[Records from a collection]
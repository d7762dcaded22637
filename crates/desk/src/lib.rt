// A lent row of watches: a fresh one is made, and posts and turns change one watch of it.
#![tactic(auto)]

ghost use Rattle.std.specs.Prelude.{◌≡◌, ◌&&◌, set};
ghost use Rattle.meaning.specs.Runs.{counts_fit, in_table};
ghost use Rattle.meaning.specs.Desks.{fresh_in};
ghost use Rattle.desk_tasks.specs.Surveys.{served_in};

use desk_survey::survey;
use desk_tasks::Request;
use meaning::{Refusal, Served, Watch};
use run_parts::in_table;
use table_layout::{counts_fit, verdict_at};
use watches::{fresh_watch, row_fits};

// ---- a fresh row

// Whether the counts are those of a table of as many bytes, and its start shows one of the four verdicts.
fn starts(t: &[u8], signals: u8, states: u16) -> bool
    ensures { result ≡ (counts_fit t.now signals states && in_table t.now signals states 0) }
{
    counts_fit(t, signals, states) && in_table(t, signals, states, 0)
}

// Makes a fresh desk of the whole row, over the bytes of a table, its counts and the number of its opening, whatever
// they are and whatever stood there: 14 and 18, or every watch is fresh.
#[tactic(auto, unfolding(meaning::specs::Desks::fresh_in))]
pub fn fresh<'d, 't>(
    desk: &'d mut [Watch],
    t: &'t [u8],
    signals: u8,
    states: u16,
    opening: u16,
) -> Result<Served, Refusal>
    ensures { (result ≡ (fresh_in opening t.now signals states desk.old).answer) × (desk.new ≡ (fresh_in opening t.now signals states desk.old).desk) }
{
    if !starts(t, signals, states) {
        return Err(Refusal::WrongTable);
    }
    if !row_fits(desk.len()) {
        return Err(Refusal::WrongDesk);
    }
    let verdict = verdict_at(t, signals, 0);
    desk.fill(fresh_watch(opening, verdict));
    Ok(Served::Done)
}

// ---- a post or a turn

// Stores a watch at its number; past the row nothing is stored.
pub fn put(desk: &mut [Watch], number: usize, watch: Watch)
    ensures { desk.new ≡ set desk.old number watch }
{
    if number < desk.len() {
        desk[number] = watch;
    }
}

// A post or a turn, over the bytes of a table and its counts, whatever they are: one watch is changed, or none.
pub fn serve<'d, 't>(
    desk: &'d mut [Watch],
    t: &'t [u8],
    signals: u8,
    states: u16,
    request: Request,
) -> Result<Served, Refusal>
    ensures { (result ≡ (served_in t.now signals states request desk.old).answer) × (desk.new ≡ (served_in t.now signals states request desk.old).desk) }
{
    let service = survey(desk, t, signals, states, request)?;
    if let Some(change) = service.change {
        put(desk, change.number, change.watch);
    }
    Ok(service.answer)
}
==
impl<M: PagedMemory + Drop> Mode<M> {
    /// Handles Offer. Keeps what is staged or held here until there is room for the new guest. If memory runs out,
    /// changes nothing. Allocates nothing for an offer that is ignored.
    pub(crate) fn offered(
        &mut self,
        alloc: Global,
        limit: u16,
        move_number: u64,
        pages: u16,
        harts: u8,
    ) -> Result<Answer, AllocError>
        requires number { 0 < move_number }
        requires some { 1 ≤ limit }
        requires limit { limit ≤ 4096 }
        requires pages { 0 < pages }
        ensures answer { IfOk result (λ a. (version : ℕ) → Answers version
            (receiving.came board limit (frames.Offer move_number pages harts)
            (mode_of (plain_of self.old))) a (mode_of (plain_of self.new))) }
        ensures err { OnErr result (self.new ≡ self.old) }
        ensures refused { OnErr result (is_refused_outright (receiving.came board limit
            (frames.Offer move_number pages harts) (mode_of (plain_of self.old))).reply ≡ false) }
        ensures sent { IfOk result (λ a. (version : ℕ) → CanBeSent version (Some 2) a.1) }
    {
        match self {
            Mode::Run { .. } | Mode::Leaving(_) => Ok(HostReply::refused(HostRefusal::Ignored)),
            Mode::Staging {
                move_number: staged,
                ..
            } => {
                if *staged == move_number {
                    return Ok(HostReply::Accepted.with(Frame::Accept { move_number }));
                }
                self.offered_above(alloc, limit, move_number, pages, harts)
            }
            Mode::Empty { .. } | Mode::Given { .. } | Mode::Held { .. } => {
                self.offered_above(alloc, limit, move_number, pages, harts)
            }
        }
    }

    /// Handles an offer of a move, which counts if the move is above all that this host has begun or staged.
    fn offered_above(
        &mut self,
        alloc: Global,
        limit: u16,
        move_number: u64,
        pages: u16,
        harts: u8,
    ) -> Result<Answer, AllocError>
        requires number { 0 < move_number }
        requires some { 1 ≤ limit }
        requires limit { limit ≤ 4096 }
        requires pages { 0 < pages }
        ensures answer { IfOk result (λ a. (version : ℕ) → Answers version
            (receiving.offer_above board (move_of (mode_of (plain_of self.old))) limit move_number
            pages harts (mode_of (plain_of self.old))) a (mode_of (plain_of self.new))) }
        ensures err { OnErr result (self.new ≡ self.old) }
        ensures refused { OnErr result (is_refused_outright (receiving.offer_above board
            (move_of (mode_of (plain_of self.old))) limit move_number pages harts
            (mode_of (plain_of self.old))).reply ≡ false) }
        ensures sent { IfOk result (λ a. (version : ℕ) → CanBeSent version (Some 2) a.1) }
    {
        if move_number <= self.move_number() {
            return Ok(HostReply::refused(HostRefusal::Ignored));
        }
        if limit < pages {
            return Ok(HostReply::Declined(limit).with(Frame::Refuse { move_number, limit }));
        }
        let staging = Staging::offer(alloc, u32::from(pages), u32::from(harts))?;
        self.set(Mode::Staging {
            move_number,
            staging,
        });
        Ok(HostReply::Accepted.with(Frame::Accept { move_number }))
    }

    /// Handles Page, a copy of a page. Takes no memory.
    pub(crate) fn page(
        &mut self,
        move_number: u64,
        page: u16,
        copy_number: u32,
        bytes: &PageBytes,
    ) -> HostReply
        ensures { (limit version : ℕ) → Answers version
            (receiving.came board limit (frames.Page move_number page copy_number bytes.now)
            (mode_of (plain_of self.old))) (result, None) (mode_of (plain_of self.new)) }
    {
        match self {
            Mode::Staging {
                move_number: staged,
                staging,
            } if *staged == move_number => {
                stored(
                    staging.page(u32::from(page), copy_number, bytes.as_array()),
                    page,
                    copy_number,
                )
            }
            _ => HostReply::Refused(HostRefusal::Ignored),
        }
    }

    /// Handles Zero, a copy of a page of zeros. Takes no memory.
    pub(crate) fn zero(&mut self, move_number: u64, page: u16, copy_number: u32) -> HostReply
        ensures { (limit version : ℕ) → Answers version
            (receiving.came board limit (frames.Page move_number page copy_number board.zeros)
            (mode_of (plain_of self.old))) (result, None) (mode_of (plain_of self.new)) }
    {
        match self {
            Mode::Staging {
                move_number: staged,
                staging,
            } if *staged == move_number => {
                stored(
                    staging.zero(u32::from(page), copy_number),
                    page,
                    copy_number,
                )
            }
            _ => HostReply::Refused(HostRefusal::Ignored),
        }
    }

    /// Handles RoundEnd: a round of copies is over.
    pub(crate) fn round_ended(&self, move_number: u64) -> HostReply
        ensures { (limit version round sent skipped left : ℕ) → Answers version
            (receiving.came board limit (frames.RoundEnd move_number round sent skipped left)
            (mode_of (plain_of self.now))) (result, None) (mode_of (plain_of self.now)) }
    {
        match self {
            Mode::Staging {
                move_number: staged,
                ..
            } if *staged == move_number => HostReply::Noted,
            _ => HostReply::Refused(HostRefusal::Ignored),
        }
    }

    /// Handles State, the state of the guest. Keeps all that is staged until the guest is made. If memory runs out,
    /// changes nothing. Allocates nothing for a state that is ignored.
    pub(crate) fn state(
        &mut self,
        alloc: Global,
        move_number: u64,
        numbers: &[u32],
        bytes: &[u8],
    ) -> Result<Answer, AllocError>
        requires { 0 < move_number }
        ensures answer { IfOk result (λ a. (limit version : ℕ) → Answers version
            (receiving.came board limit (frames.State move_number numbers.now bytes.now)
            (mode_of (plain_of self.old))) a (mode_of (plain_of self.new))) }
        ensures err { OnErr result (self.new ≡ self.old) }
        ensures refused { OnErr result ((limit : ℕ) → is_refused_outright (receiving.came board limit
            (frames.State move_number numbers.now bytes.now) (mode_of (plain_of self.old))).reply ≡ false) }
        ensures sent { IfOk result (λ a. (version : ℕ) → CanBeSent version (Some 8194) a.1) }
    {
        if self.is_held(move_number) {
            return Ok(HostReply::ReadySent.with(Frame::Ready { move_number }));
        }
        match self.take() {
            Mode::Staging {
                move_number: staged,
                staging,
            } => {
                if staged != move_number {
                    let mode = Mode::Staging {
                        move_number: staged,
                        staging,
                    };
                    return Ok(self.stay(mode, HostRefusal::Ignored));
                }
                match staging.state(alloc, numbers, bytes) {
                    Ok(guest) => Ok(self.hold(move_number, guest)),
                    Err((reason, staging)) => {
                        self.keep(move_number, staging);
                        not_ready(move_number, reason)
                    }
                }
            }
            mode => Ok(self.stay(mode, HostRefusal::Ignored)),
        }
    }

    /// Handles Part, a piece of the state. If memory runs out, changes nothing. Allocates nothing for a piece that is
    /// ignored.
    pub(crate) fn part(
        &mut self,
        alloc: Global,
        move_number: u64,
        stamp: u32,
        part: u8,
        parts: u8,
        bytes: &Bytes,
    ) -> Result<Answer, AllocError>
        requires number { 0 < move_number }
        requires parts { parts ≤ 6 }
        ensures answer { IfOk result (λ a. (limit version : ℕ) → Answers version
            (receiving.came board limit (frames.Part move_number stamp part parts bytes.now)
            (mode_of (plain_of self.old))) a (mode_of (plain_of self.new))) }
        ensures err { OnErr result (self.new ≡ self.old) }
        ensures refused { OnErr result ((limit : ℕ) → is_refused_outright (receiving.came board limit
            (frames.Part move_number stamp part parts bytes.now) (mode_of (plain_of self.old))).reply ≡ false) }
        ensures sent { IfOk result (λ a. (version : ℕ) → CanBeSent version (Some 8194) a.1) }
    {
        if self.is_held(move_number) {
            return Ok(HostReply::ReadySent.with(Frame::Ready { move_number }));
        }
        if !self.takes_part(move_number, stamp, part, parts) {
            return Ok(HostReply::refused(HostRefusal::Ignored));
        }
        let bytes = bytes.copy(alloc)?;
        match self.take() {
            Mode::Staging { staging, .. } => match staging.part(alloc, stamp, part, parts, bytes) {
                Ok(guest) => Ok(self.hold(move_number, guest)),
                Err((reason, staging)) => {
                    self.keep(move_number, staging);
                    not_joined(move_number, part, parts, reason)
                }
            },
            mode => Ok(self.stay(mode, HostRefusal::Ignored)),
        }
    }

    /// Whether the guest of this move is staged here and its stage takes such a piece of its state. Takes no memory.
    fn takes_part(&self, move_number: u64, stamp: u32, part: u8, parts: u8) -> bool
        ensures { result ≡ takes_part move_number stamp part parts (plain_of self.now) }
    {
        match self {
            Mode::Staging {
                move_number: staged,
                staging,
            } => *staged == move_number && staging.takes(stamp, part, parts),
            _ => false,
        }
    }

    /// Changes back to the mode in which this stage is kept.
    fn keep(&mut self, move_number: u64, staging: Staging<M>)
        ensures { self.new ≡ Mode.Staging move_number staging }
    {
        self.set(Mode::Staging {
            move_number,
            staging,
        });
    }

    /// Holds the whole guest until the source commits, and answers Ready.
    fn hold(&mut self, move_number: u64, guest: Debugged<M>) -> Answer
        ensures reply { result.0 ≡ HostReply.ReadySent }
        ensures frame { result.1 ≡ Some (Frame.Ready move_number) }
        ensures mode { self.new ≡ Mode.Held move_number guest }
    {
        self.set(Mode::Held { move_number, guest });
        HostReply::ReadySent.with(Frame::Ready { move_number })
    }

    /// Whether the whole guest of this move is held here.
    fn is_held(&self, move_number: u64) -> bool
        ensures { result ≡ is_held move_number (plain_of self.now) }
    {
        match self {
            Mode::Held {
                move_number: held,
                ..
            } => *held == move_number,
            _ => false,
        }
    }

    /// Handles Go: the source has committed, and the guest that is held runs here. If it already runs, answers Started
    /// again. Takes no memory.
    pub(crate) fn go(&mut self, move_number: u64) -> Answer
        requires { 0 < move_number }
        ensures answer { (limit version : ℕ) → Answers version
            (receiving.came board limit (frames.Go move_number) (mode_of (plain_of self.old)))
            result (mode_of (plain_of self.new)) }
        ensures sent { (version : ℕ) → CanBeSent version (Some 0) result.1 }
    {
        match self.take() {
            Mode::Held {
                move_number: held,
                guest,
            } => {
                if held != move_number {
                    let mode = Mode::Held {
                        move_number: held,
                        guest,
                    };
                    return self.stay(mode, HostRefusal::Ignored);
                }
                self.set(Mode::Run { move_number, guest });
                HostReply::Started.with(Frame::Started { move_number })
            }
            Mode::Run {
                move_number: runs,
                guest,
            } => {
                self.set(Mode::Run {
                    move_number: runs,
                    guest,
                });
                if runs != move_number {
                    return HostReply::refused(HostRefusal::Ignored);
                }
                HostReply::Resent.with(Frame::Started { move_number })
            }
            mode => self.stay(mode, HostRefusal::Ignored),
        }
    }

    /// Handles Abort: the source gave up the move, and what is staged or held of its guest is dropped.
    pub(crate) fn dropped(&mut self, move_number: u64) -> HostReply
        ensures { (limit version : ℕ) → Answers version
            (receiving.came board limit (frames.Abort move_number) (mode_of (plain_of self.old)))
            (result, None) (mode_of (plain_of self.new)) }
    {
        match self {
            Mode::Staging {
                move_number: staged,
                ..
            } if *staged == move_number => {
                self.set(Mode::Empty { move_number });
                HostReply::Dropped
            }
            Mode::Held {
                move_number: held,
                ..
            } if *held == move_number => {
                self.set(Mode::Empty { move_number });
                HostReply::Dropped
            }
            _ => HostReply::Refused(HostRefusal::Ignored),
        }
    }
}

-- ACTIVITY --
Find every line in the records above that contains the word "meaning", and copy each one.

-- TASK RESPONSE --
ghost use Rattle.meaning.specs.Runs.{counts_fit, in_table};
ghost use Rattle.meaning.specs.Desks.{fresh_in};
use meaning::{Refusal, Served, Watch};
#[tactic(auto, unfolding(meaning::specs::Desks::fresh_in))]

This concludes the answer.